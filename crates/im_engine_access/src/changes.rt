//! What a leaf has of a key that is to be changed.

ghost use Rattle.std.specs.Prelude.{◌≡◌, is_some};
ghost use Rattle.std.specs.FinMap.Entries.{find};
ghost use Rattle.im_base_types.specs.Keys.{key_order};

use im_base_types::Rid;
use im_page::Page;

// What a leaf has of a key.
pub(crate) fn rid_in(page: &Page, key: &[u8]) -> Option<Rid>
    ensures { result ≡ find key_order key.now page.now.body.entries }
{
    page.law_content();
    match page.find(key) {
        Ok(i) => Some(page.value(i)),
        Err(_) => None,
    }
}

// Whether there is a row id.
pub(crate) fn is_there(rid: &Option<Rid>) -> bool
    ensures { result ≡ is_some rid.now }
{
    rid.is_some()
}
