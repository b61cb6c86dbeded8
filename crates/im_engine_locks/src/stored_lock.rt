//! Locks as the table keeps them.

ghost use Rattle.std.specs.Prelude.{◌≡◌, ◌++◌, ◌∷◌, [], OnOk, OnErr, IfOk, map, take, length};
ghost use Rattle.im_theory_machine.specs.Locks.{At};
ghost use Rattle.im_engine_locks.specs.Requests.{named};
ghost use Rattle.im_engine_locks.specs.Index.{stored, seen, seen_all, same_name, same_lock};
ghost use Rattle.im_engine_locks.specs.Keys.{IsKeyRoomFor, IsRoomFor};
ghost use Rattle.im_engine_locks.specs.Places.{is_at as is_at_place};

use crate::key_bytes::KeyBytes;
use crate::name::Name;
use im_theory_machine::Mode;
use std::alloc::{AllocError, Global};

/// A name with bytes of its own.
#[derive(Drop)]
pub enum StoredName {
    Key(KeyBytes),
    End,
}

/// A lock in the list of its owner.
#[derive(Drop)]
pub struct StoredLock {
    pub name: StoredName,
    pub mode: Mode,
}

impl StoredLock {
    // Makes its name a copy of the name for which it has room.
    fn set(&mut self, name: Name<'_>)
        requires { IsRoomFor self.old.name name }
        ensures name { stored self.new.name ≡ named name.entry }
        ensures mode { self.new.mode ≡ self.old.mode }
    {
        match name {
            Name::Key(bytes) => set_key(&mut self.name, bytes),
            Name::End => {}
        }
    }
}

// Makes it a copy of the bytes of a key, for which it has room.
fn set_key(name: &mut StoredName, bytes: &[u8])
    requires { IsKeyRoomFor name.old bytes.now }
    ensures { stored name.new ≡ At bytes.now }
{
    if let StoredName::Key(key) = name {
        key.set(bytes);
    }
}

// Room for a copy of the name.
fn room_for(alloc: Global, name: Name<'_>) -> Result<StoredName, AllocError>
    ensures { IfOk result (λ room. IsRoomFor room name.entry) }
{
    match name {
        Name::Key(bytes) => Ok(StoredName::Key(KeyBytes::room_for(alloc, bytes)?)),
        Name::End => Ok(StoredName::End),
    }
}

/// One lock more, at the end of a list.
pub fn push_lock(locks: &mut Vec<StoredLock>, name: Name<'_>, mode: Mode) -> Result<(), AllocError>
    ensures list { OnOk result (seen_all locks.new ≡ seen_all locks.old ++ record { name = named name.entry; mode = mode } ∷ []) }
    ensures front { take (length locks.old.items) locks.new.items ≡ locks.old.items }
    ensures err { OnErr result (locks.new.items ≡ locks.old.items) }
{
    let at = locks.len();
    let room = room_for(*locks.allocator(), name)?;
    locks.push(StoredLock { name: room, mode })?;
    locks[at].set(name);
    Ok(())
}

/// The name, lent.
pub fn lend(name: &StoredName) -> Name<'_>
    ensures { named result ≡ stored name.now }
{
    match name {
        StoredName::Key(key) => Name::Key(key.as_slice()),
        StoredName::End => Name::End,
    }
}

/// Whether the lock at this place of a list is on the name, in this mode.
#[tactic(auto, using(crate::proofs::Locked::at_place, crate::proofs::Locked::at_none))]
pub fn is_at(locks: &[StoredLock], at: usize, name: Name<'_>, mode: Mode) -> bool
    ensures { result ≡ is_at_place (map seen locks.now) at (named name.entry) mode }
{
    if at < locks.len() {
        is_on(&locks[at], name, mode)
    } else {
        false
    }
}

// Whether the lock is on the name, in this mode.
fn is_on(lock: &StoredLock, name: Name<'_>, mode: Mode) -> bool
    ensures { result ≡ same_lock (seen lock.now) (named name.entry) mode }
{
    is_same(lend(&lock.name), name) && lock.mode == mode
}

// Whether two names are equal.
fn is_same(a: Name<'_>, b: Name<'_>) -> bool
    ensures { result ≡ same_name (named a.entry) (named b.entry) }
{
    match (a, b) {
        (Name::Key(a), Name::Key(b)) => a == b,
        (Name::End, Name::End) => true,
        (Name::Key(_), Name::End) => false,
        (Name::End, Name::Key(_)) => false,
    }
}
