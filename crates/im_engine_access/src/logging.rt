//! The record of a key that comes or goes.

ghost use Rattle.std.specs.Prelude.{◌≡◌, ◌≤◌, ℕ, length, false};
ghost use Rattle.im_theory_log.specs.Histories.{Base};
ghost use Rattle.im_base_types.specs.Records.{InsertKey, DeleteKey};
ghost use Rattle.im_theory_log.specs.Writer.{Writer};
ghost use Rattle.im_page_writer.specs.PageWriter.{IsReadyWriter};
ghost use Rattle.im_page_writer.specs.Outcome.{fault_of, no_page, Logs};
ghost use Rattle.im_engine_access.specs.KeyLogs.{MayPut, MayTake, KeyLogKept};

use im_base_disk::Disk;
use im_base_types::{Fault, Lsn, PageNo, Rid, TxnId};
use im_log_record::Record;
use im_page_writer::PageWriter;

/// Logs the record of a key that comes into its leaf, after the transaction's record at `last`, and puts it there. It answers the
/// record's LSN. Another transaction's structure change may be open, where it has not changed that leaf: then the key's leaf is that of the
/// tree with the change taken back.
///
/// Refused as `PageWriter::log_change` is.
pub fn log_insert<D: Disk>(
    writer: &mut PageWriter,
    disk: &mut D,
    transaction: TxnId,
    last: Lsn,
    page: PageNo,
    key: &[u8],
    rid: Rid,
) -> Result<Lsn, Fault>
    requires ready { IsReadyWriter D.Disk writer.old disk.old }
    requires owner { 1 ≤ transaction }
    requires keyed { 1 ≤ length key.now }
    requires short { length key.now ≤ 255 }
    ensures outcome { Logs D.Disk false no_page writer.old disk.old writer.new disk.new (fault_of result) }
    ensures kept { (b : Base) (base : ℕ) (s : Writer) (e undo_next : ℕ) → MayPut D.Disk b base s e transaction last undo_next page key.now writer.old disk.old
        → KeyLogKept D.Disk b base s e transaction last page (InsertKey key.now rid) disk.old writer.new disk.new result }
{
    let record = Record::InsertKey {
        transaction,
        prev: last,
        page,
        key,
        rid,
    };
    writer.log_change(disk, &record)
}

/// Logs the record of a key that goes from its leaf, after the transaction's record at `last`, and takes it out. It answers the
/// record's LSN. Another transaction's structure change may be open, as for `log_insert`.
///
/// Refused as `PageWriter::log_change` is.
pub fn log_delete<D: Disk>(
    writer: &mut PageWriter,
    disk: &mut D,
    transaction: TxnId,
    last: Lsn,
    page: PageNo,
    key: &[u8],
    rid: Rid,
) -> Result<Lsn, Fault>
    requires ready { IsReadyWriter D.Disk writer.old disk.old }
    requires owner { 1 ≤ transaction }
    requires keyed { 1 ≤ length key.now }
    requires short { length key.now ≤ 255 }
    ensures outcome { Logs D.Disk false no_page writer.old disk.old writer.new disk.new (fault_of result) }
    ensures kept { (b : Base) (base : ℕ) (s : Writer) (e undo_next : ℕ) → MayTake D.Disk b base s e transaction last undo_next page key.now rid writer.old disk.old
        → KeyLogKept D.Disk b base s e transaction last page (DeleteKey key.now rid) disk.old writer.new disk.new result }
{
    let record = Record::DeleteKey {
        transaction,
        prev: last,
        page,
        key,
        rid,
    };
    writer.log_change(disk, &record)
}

-=-=-

* _Exercise aim_
The string "false" appears on some lines of the data; count those lines and report only how many there are.

* _Response box_
6